*Collected data*:
*** Begin section ***
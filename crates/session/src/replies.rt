// From the bytes of the input to the bytes of the output.
ghost use Rattle.std.specs.Prelude.{◌≡◌, IfOk, string_bytes};
ghost use Rattle.secrecy.specs.Secrecy.{SecrecyStands};
ghost use Rattle.session.specs.Replies.{SessionOf, Replies as RepliesTo};
ghost use Rattle.session.specs.Steady.{Steady};

use crate::serving::Session;
use command::{Command, decode_all, transcript};
use refusal::Refusal;
use states::Answer;
use std::alloc::{AllocError, Global};

// The most bytes of input that are served.
pub const LIMIT: usize = 65_536;

// Answers the lines in order: one answer each, under the scheme that was chosen last. Opened lines are right by what was typed.
pub fn answer_lines(
    lines: &[Result<Command, Refusal>],
    heap: Global,
) -> Result<Vec<Answer>, AllocError>
    ensures { IfOk result (λ v. SessionOf lines.now v.items) }
{
    let mut session = Session::new(lines, heap);
    let mut next = session.serve_absent()?;
    while let Some(scheme) = next {
        next = session.serve_under(scheme, heap)?;
    }
    Ok(session.into_answers())
}

// The text that the console writes for the bytes that it reads: one reply a line; for more bytes than the limit, that it is too long.
pub fn reply(input: &[u8], heap: Global) -> Result<String, AllocError>
    ensures replies { IfOk result (λ t. RepliesTo input.now (string_bytes t)) }
    ensures houses { SecrecyStands }
{
    if input.len() > LIMIT {
        return transcript(&[Err(Refusal::Long)], heap);
    }
    let lines = decode_all(input, heap)?;
    let answers = answer_lines(lines.as_slice(), heap)?;
    transcript(answers.as_slice(), heap)
}

// Nothing but an accepted choice of a scheme replaces a window, and a declined line changes nothing.
pub fn only_choices_replace_windows()
    ensures { Steady }
{}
*** End section ***
*YOUR GOAL*:
Scan the records for the word "Refusal", and copy each line where it is found.

*RESPONSE BELOW*:
use refusal::Refusal;
    lines: &[Result<Command, Refusal>],
        return transcript(&[Err(Refusal::Long)], heap);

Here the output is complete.